What lines in the records below contain the string "program"? Copy every one.

(Saved entries)
--
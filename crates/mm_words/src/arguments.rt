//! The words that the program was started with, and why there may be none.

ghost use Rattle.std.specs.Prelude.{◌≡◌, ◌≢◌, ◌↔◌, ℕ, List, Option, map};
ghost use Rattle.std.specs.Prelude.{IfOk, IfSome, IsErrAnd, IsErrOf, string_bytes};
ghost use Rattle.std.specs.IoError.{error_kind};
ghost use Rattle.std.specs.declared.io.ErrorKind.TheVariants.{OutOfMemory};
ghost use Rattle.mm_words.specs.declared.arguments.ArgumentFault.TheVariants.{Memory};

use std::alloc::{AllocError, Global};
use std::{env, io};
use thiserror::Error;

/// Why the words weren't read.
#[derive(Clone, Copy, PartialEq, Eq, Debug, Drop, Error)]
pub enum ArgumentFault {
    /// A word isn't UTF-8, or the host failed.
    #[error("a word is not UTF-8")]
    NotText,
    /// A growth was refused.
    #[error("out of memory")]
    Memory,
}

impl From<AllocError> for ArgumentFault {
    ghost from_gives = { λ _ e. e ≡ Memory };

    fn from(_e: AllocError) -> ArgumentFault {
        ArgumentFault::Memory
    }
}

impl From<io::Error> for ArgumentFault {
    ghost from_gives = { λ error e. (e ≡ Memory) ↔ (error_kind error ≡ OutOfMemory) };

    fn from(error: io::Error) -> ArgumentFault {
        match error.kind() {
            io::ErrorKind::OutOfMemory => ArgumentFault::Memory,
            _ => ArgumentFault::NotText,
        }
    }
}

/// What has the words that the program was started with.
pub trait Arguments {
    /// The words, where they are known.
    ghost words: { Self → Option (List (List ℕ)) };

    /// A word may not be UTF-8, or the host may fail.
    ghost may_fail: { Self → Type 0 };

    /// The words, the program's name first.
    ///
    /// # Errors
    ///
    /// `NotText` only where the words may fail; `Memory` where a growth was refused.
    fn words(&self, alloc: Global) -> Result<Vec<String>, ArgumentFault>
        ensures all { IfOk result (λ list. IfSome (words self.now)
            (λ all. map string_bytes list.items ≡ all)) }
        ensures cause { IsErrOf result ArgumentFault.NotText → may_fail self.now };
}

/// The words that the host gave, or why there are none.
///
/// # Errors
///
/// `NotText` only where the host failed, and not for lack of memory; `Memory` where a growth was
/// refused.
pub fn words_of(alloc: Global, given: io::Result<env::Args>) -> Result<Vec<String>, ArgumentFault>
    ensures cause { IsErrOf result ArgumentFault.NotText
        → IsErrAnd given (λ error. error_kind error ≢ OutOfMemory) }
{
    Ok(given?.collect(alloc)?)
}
--
■ Result of this task
//! The words that the program was started with, and why there may be none.
/// What has the words that the program was started with.
    /// The words, the program's name first.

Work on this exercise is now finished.